X: shape (n_samples, n_features) — binary feature presence
y: labels (0 or 1)
"""
X, y = np.array(X), np.array(y)
classes = np.unique(y)
n = len(y)
for c in classes:
mask = y == c
self.prior[c] = mask.sum() / n
# Laplace smoothing: add 1 to numerator and denominator
self.likelihoods[c] = {
feat: (X[mask, i].sum() + 1) / (mask.sum() + 2)
for i, feat in enumerate(feature_names)
}
self.feature_names = feature_names
return self
def predict_proba(self, x, feature_names):
"""Return P(class=1 | x) using Bayes' theorem."""
scores = {}
for c, prior in self.prior.items():
log_prob = np.log(prior)
for i, feat in enumerate(feature_names):
p = self.likelihoods[c][feat]
log_prob += np.log(p) if x[i] == 1 else np.log(1 - p)
scores[c] = log_prob
# Convert log-probabilities to normalized probabilities
max_log = max(scores.values())
exp_scores = {c: np.exp(v - max_log) for c, v in scores.items()}
total = sum(exp_scores.values())
return {c: v / total for c, v in exp_scores.items()}
# Tiny dataset: [has_offer, has_free, has_win] → spam(1) or legit(0)
features = ['offer', 'free', 'win']
X_train = [
[1, 1, 0], # spam
[1, 0, 1], # spam
[0, 1, 1], # spam
[0, 0, 0], # legit
[1, 0, 0], # legit
[0, 0, 0], # legit
]
y_train = [1, 1, 1, 0, 0, 0]
clf = NaiveBayesBinaryClassifier().fit(X_train, y_train, features)
# Predict a new email: contains 'offer' and 'free'
x_new = [1, 1, 0]
proba = clf.predict_proba(x_new, features)
print(f"New email [offer=1, free=1, win=0]:")
print(f" P(spam | features) = {proba[1]:.4f}")
print(f" P(legit | features) = {proba[0]:.4f}")New email [offer=1, free=1, win=0]:
P(spam | features) = 0.6923
P(legit | features) = 0.3077
6. Summary¶
Bayes’ theorem follows directly from the definition of conditional probability — it is not a separate axiom.
P(H|E) = P(E|H)·P(H) / P(E): posterior = likelihood × prior / evidence.
The denominator P(E) normalizes the result and can be expanded using the law of total probability.
Sequential updating: each posterior becomes the prior for the next observation.
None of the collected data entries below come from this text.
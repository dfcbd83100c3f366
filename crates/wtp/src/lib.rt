// The functions of the C interface (include/wtp.h): words in and words out, over the proved calls. wtp_c exports them.
#![tactic(auto)]

ghost use Rattle.std.specs.Prelude.{◌≡◌, [], length, ltb};
ghost use Rattle.base_layout.specs.Layout.{answer_size};
ghost use Rattle.step_outcome.specs.Carry.{lent};
ghost use Rattle.table_fresh.specs.Fresh.{table_bytes, fresh_answer, fresh_number, table_after_fresh};
ghost use Rattle.c_codec.specs.Calls.{read_number_is, fields_after, write_number, write_output, write_answer, separate_number, part_after, join_number, join_output, join_answer};
ghost use Rattle.c_parts.specs.Parts.{read_part_number, read_part_fields, data_number, data_output};
ghost use Rattle.call_plans.specs.Calls.{Call};
ghost use Rattle.call_deadline.specs.Deadlines.{deadline_number, due_after};
ghost use Rattle.table_salvage.specs.Salvage.{salvage_number, table_salvaged, list_salvaged};
ghost use Rattle.wtp.specs.Engine.{called, called_by};

use base_numbers::Refusal;

// The bytes of a table for 1 to 48 records, else 0.
pub fn wtp_table_bytes(records: u64) -> u64
    ensures { result ≡ table_bytes records }
{
    table_fresh::table_bytes(records)
}

// Makes a table fresh.
#[inline(never)]
pub fn wtp_fresh(table: &mut [u8], settings: &[u64], first_tid: u64) -> u64
    ensures { (result ≡ fresh_number (fresh_answer (length table.old) settings.now first_tid)) × (table.new ≡ table_after_fresh (fresh_answer (length table.old) settings.now first_tid) table.old settings.now first_tid) }
{
    c_codec::make_fresh(table, settings, first_tid)
}

// Reads a PDU into 88 words.
pub fn wtp_read(octets: &[u8], fields: &mut [u64]) -> u64
    ensures { (result ≡ read_number_is octets.now fields.old) × (fields.new ≡ fields_after octets.now fields.old) }
{
    c_codec::read(octets, fields)
}

// Writes the PDU that 88 words say, whose parts lie in `bytes`, at the start of the output.
pub fn wtp_write(fields: &[u64], bytes: &[u8], out: &mut [u8], answer: &mut [u64]) -> u64
    ensures { (result ≡ write_number fields.now bytes.now out.old answer.old) × (out.new ≡ write_output fields.now bytes.now out.old answer.old) × (answer.new ≡ write_answer fields.now bytes.now out.old answer.old) }
{
    c_codec::write(fields, bytes, out, answer)
}

// Separates a datagram: start and length of its k-th PDU, and how many there are.
#[inline(never)]
pub fn wtp_separate(datagram: &[u8], k: u64, part: &mut [u64]) -> u64
    ensures { (result ≡ separate_number datagram.now k part.old) × (part.new ≡ part_after datagram.now k part.old) }
{
    c_codec::separate(datagram, k, part)
}

// Joins PDUs of these lengths, one after the other in `bytes`, to a datagram at the start of the output.
pub fn wtp_join(bytes: &[u8], lengths: &[u64], out: &mut [u8], answer: &mut [u64]) -> u64
    ensures { (result ≡ join_number bytes.now lengths.now out.old answer.old) × (out.new ≡ join_output bytes.now lengths.now out.old answer.old) × (answer.new ≡ join_answer bytes.now lengths.now out.old answer.old) }
{
    c_codec::join(bytes, lengths, out, answer)
}

// Reads the k-th PDU of a datagram into 88 words.
pub fn wtp_read_part(datagram: &[u8], k: u64, fields: &mut [u64]) -> u64
    ensures { (result ≡ read_part_number datagram.now k fields.old) × (fields.new ≡ read_part_fields datagram.now k fields.old) }
{
    c_parts::read_part(datagram, k, fields)
}

// Copies the data of an answer's indication, a part of the datagram or of the store, to the start of the output.
pub fn wtp_data<'a>(
    datagram: &'a [u8],
    store: &'a [u8],
    answer: &[u64],
    k: u64,
    out: &mut [u8],
) -> u64
    ensures { (result ≡ data_number datagram.now store.now answer.now k out.old) × (out.new ≡ data_output datagram.now store.now answer.now k out.old) }
{
    c_parts::shown_data(datagram, store, answer, k, out)
}

// The words of an answer are fewer than 40.
fn too_few(answer: &[u64]) -> bool
    ensures { result ≡ ltb (length answer.now) answer_size }
{
    answer.len() < base_layout::ANSWER_SIZE
}

// A user's request of a class with its data.
pub fn wtp_request(
    table: &mut [u8],
    store: &mut [u8],
    out: &mut [u8],
    answer: &mut [u64],
    time: u64,
    peer: u64,
    class: u64,
    user_ack: u64,
    user: &[u8],
) -> u64
    ensures { called result table.new store.new out.new answer.new ≡ called_by (Call.Request time peer class (ltb 0 user_ack)) (lent table.old store.old out.old user.now []) answer.old }
{
    if too_few(answer) {
        return u64::from(Refusal::WrongSize);
    }
    let r = call_engine::request(
        table,
        store,
        out,
        answer,
        time,
        peer,
        class,
        0 < user_ack,
        user,
    );
    c_answers::tell(answer, r, step_arrivals::no_item())
}

// A user's answer with exit information.
pub fn wtp_answer(
    table: &mut [u8],
    store: &mut [u8],
    out: &mut [u8],
    answer: &mut [u64],
    time: u64,
    role: u64,
    peer: u64,
    tid: u64,
    exit: &[u8],
) -> u64
    ensures { called result table.new store.new out.new answer.new ≡ called_by (Call.Answer time role peer tid) (lent table.old store.old out.old [] exit.now) answer.old }
{
    if too_few(answer) {
        return u64::from(Refusal::WrongSize);
    }
    let r = call_engine::answer(table, store, out, answer, time, role, peer, tid, exit);
    c_answers::tell(answer, r, step_arrivals::no_item())
}

// A user's result with its data.
pub fn wtp_result(
    table: &mut [u8],
    store: &mut [u8],
    out: &mut [u8],
    answer: &mut [u64],
    time: u64,
    role: u64,
    peer: u64,
    tid: u64,
    user: &[u8],
) -> u64
    ensures { called result table.new store.new out.new answer.new ≡ called_by (Call.Result time role peer tid) (lent table.old store.old out.old user.now []) answer.old }
{
    if too_few(answer) {
        return u64::from(Refusal::WrongSize);
    }
    let r = call_engine::result(table, store, out, answer, time, role, peer, tid, user);
    c_answers::tell(answer, r, step_arrivals::no_item())
}

// A user's abort with its reason.
pub fn wtp_abort(
    table: &mut [u8],
    store: &mut [u8],
    out: &mut [u8],
    answer: &mut [u64],
    time: u64,
    role: u64,
    peer: u64,
    tid: u64,
    reason: u8,
) -> u64
    ensures { called result table.new store.new out.new answer.new ≡ called_by (Call.Abort time role peer tid reason) (lent table.old store.old out.old [] []) answer.old }
{
    if too_few(answer) {
        return u64::from(Refusal::WrongSize);
    }
    let r = call_engine::abort(table, store, out, answer, time, role, peer, tid, reason);
    c_answers::tell(answer, r, step_arrivals::no_item())
}

// One PDU that came from a peer.
pub fn wtp_receive(
    table: &mut [u8],
    store: &mut [u8],
    out: &mut [u8],
    answer: &mut [u64],
    time: u64,
    peer: u64,
    octets: &[u8],
) -> u64
    ensures { called result table.new store.new out.new answer.new ≡ called_by (Call.Receive time peer) (lent table.old store.old out.old octets.now []) answer.old }
{
    if too_few(answer) {
        return u64::from(Refusal::WrongSize);
    }
    let r = call_engine::receive(table, store, out, answer, time, peer, octets);
    let item = step_arrivals::unknown_item(octets);
    c_answers::tell(answer, r, item)
}

// Fires one due record.
pub fn wtp_timer(
    table: &mut [u8],
    store: &mut [u8],
    out: &mut [u8],
    answer: &mut [u64],
    time: u64,
) -> u64
    ensures { called result table.new store.new out.new answer.new ≡ called_by (Call.Timer time) (lent table.old store.old out.old [] []) answer.old }
{
    if too_few(answer) {
        return u64::from(Refusal::WrongSize);
    }
    let r = call_engine::timer(table, store, out, answer, time);
    c_answers::tell(answer, r, step_arrivals::no_item())
}

// Tells the earliest deadline and its record in five words, and changes nothing else: it takes no time and is no entry of a history.
pub fn wtp_deadline(table: &[u8], due: &mut [u64]) -> u64
    ensures { (result ≡ deadline_number table.now due.old) × (due.new ≡ due_after table.now due.old) }
{
    call_deadline::deadline(table, due)
}

// Fires the record that is named, if it is due.
pub fn wtp_fire(
    table: &mut [u8],
    store: &mut [u8],
    out: &mut [u8],
    answer: &mut [u64],
    time: u64,
    role: u64,
    peer: u64,
    tid: u64,
) -> u64
    ensures { called result table.new store.new out.new answer.new ≡ called_by (Call.Fire time role peer tid) (lent table.old store.old out.old [] []) answer.old }
{
    if too_few(answer) {
        return u64::from(Refusal::WrongSize);
    }
    let r = call_engine::fire_named(table, store, out, answer, time, role, peer, tid);
    c_answers::tell(answer, r, step_arrivals::no_item())
}

// Makes a damaged table well formed: zeroes the places that can't stay, and lists them in 97 words with their reasons. It takes no time and is no entry of a history.
pub fn wtp_salvage(table: &mut [u8], list: &mut [u64]) -> u64
    ensures { (result ≡ salvage_number table.old list.old) × (table.new ≡ table_salvaged table.old list.old) × (list.new ≡ list_salvaged table.old list.old) }
{
    table_salvage::salvage(table, list)
}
Every probabilistic classifier is an implementation of Bayes’ theorem.
7. Forward References¶
Bayes’ theorem is the backbone of Part IX. It reappears in ch287 (Bayesian Statistics) as a framework for full probabilistic inference, and the prior/posterior distinction drives Bayesian model selection. The likelihood function P(E|H) is formalized through the distributions in ch248–ch253.